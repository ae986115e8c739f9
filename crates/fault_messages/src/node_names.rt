//! How a node is named that only its number is known of.
ghost use Rattle.std.specs.Prelude.{◌≡◌, ◌++◌, codes, decimal, option_copied, OnOk};
ghost use Rattle.fault_messages.specs.NodeNames.{name_said, word_said, node_text, node_word};

use crate::putting::put_quoted;
use pw_lists::{Memory, Text, append_decimal};
use shown_words::put_escaped;

/// The number of the built-in driver.
const DUMMY_NODE: u32 = 63;

// A node by its number.
fn put_numbered(text: &mut Text, number: u32) -> Result<(), Memory>
    ensures { OnOk result (text.new ≡ text.old ++ (codes "node " ++ decimal number)) }
{
    text.extend(b"node ")?;
    append_decimal(text, u64::from(number))
}

// A node by its name, or by its number where it has none.
fn put_name_said(text: &mut Text, name: Option<&Text>, number: u32) -> Result<(), Memory>
    ensures { OnOk result (text.new ≡ text.old ++ name_said (option_copied name.entry) number) }
{
    match name {
        None => put_numbered(text, number),
        Some(name) => put_quoted(text, name.as_slice()),
    }
}

/// The name of a node, by its number and by the names of the script's nodes.
#[tactic(auto, unfolding(crate::specs::NodeNames::node_text))]
pub fn put_node(text: &mut Text, names: &[Text], number: u32) -> Result<(), Memory>
    ensures { OnOk result (text.new ≡ text.old ++ node_text names.now number) }
{
    if number == DUMMY_NODE {
        put_quoted(text, b"dummy")
    } else {
        put_name_said(text, names.get(number as usize), number)
    }
}

// The same without quotes.
fn put_word_said(text: &mut Text, name: Option<&Text>, number: u32) -> Result<(), Memory>
    ensures { OnOk result (text.new ≡ text.old ++ word_said (option_copied name.entry) number) }
{
    match name {
        None => put_numbered(text, number),
        Some(name) => put_escaped(text, name.as_slice()),
    }
}

/// The name of a node as a trace has it, by its number and by the names of the script's nodes.
#[tactic(auto, unfolding(crate::specs::NodeNames::node_word))]
pub fn put_node_word(text: &mut Text, names: &[Text], number: u32) -> Result<(), Memory>
    ensures { OnOk result (text.new ≡ text.old ++ node_word names.now number) }
{
    if number == DUMMY_NODE {
        text.extend(b"dummy")
    } else {
        put_word_said(text, names.get(number as usize), number)
    }
}

/// The name of a node in quotes, between words.
pub fn put_node_between(
    text: &mut Text,
    before: &[u8],
    names: &[Text],
    number: u32,
    behind: &[u8],
) -> Result<(), Memory>
    ensures { OnOk result (text.new ≡ text.old
        ++ (before.now ++ (node_text names.now number ++ behind.now))) }
{
    text.extend(before)?;
    put_node(text, names, number)?;
    text.extend(behind)
}
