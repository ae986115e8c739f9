//! The bytes of a value: SPA POD, "Types".
ghost use Rattle.std.specs.Prelude.{◌≡◌, ◌+◌, ◌≤◌, ◌++◌, length, map, OnOk, OnErr, IsTrue};
ghost use Rattle.pw_lists.specs.Limits.{depth_limit};
ghost use Rattle.std.specs.List.{flat_map, AllByRecursion};
ghost use Rattle.pod_codec.specs.Framing.{are_children, framed, keyed_bytes};
ghost use Rattle.pod_codec.specs.PodValue.{form_of, keyed_of, control_keyed, struct_form, object_form, sequence_form, choice_form, canonical};
ghost use Rattle.pod_codec.specs.declared.pod.Pod.TheViews.{out-Pod};
ghost use Rattle.pod_codec.specs.Numbers.{ElementsFit, PropFits, ControlFits, ValueFits, NumbersFit};
ghost use Rattle.pod_codec.specs.Writable.{Fits, IsWritable, FitsBody, Tells};

use crate::containers::{MAX_DEPTH, end_frame, put_children};
use crate::fault::WriteFault;
use crate::pod::{Control, Pod, Prop};
use crate::pod_type::{number_of_kind, type_number};
use crate::scalars::{put_pair, put_text, put_u32, put_u64};
use pw_lists::Items;
use std::alloc::Global;

/// Appends the canonical spelling of a value with `left` levels left.
#[cycle(write)]
fn put_pod(pod: &Pod, left: u32, to: &mut Items<u8>) -> Result<(), WriteFault>
    ensures ok { OnOk result (to.new ≡ to.old ++ framed (form_of pod.now)) }
    ensures told { Tells result (Fits left (form_of pod.now)) }
    ensures numbers { OnOk result (NumbersFit left pod.now) }
{
    if left == 0 {
        return Err(WriteFault::Unwritable);
    }
    let at = to.len();
    put_pair(0, type_number(pod), to)?;
    put_body(pod, left - 1, to)?;
    end_frame(at, to)
}

/// Appends the body of a value, with `left` levels left for what it holds.
#[cycle(write)]
fn put_body(pod: &Pod, left: u32, to: &mut Items<u8>) -> Result<(), WriteFault>
    ensures ok { OnOk result (to.new ≡ to.old ++ (form_of pod.now).body) }
    ensures told { FitsBody result left (form_of pod.now) }
    ensures numbers { OnOk result (ValueFits (NumbersFit left) (out-Pod pod.now)) }
{
    match pod {
        Pod::None => Ok(()),
        Pod::Bool(set) => Ok(put_u32(u32::from(*set), to)?),
        Pod::Id(n) => Ok(put_u32(*n, to)?),
        Pod::Int(n) => Ok(put_u32(n.cast_unsigned(), to)?),
        Pod::Long(n) => Ok(put_u64(n.cast_unsigned(), to)?),
        Pod::FloatBits(bits) => Ok(put_u32(*bits, to)?),
        Pod::DoubleBits(bits) => Ok(put_u64(*bits, to)?),
        Pod::Text(text) => Ok(put_text(text, to)?),
        Pod::Bytes(bytes) => Ok(to.extend(bytes.as_slice())?),
        Pod::Rectangle { width, height } => Ok(put_pair(*width, *height, to)?),
        Pod::Fraction { num, denom } => Ok(put_pair(*num, *denom, to)?),
        Pod::Bitmap(bytes) => Ok(to.extend(bytes.as_slice())?),
        Pod::Fd(n) => Ok(put_u64(n.cast_unsigned(), to)?),
        Pod::Array { child, values } => put_children(values.as_slice(), *child, to),
        Pod::Struct(fields) => put_struct(fields.as_slice(), left, to),
        Pod::Object { object, id, props } => put_object(*object, *id, props.as_slice(), left, to),
        Pod::Choice {
            kind,
            flags,
            child,
            values,
        } => put_choice(number_of_kind(*kind), *flags, *child, values.as_slice(), to),
        Pod::Sequence { unit, controls } => put_sequence(*unit, controls.as_slice(), left, to),
    }
}

/// Appends the body of a choice.
fn put_choice(
    kind: u32,
    flags: u32,
    child: u32,
    values: &[Pod],
    to: &mut Items<u8>,
) -> Result<(), WriteFault>
    ensures ok { OnOk result (to.new
        ≡ to.old ++ (choice_form kind flags child (map form_of values.now)).body) }
    ensures told { Tells result (IsTrue (are_children child (map form_of values.now))) }
    ensures numbers { OnOk result (ElementsFit values.now) }
{
    put_pair(kind, flags, to)?;
    put_children(values, child, to)
}

/// Appends the body of a struct.
#[cycle(write)]
fn put_struct(fields: &[Pod], left: u32, to: &mut Items<u8>) -> Result<(), WriteFault>
    ensures ok { OnOk result (to.new ≡ to.old ++ flat_map framed (map form_of fields.now)) }
    ensures told { FitsBody result left (struct_form (map form_of fields.now)) }
    ensures numbers { OnOk result (AllByRecursion (NumbersFit left) fields.now) }
{
    put_pods(fields, left, to)
}

/// Appends the body of an object.
#[cycle(write)]
fn put_object(
    object: u32,
    id: u32,
    props: &[Prop],
    left: u32,
    to: &mut Items<u8>,
) -> Result<(), WriteFault>
    ensures ok { OnOk result (to.new
        ≡ to.old ++ (object_form object id (map keyed_of props.now)).body) }
    ensures told { FitsBody result left (object_form object id (map keyed_of props.now)) }
    ensures numbers { OnOk result (AllByRecursion (PropFits (NumbersFit left)) props.now) }
{
    put_pair(object, id, to)?;
    put_props(props, left, to)
}

/// Appends the body of a sequence.
#[cycle(write)]
fn put_sequence(
    unit: u32,
    controls: &[Control],
    left: u32,
    to: &mut Items<u8>,
) -> Result<(), WriteFault>
    ensures ok { OnOk result (to.new
        ≡ to.old ++ (sequence_form unit (map control_keyed controls.now)).body) }
    ensures told { FitsBody result left (sequence_form unit (map control_keyed controls.now)) }
    ensures numbers { OnOk result (AllByRecursion (ControlFits (NumbersFit left)) controls.now) }
{
    put_pair(unit, 0, to)?;
    put_controls(controls, left, to)
}

/// Appends whole PODs, one after the other.
#[cycle(write)]
fn put_pods(pods: &[Pod], left: u32, to: &mut Items<u8>) -> Result<(), WriteFault>
    ensures ok { OnOk result (to.new ≡ to.old ++ flat_map framed (map form_of pods.now)) }
    ensures told { Tells result (AllByRecursion (Fits left) (map form_of pods.now)) }
    ensures numbers { OnOk result (AllByRecursion (NumbersFit left) pods.now) }
{
    for pod in pods {
        put_pod(pod, left, to)?;
    }
    Ok(())
}

/// Appends one property: key, flags and a whole POD.
#[cycle(write)]
fn put_prop(prop: &Prop, left: u32, to: &mut Items<u8>) -> Result<(), WriteFault>
    ensures ok { OnOk result (to.new ≡ to.old ++ keyed_bytes (keyed_of prop.now)) }
    ensures told { Tells result (Fits left (keyed_of prop.now).value) }
    ensures numbers { OnOk result (PropFits (NumbersFit left) prop.now) }
{
    put_pair(prop.key, prop.flags, to)?;
    put_pod(&prop.value, left, to)
}

/// Appends properties, one after the other.
#[cycle(write)]
fn put_props(props: &[Prop], left: u32, to: &mut Items<u8>) -> Result<(), WriteFault>
    ensures ok { OnOk result (to.new ≡ to.old ++ flat_map keyed_bytes (map keyed_of props.now)) }
    ensures told { Tells result
        (AllByRecursion (λ k. Fits left k.value) (map keyed_of props.now)) }
    ensures numbers { OnOk result (AllByRecursion (PropFits (NumbersFit left)) props.now) }
{
    for prop in props {
        put_prop(prop, left, to)?;
    }
    Ok(())
}

/// Appends one control: offset, kind and a whole POD.
#[cycle(write)]
fn put_control(control: &Control, left: u32, to: &mut Items<u8>) -> Result<(), WriteFault>
    ensures ok { OnOk result (to.new ≡ to.old ++ keyed_bytes (control_keyed control.now)) }
    ensures told { Tells result (Fits left (control_keyed control.now).value) }
    ensures numbers { OnOk result (ControlFits (NumbersFit left) control.now) }
{
    put_pair(control.offset, control.kind, to)?;
    put_pod(&control.value, left, to)
}

/// Appends controls, one after the other.
#[cycle(write)]
fn put_controls(controls: &[Control], left: u32, to: &mut Items<u8>) -> Result<(), WriteFault>
    ensures ok { OnOk result (to.new
        ≡ to.old ++ flat_map keyed_bytes (map control_keyed controls.now)) }
    ensures told { Tells result
        (AllByRecursion (λ k. Fits left k.value) (map control_keyed controls.now)) }
    ensures numbers { OnOk result (AllByRecursion (ControlFits (NumbersFit left)) controls.now) }
{
    for control in controls {
        put_control(control, left, to)?;
    }
    Ok(())
}

/// Appends the canonical spelling of a value: zeros as padding, Bool 0 or 1, the sizes of the table
/// for children, and type 1 with size 0 where there are none of a type. Public source:
/// `spa/pod/pod.h`.
///
/// `Unwritable` is answered just where a value is deeper than 16, the outermost body is longer than
/// 1,048,576 bytes, or an array or choice has a child type that is not allowed there or a value of
/// another type. After a fault `to` is as before. Takes memory for the bytes twice; time linear in
/// them.
pub fn write_pod(alloc: Global, pod: &Pod, to: &mut Items<u8>) -> Result<(), WriteFault>
    ensures ok { OnOk result (to.new ≡ to.old ++ canonical pod.now) }
    ensures told { Tells result (IsWritable pod.now) }
    ensures numbers { OnOk result (NumbersFit depth_limit pod.now) }
    ensures err { OnErr result (to.new ≡ to.old) }
{
    let mut bytes = Items::new(alloc);
    put_pod(pod, MAX_DEPTH, &mut bytes)?;
    to.extend(bytes.as_slice())?;
    Ok(())
}
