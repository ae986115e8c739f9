//! SPA PODs: values as bytes that say their own length and type.
#![tactic(auto)]

mod children;
mod containers;
mod copying;
mod cursor;
mod dump;
mod fault;
mod pod;
mod pod_type;
mod reading;
mod scalars;
mod text;
mod writing;

pub use copying::copy_pods;
pub use dump::dump_text;
pub use fault::{PodFault, WriteFault};
pub use pod::{ChoiceKind, Control, Pod, Prop};
pub use pod_type::type_number;
pub use reading::read_pod;
pub use writing::write_pod;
==========
### Task details
Find all lines holding the word "length" in the records above and copy them.

### Output
ghost use Rattle.std.specs.Prelude.{◌≡◌, ◌+◌, ◌≤◌, ◌++◌, length, map, OnOk, OnErr, IsTrue};
//! SPA PODs: values as bytes that say their own length and type.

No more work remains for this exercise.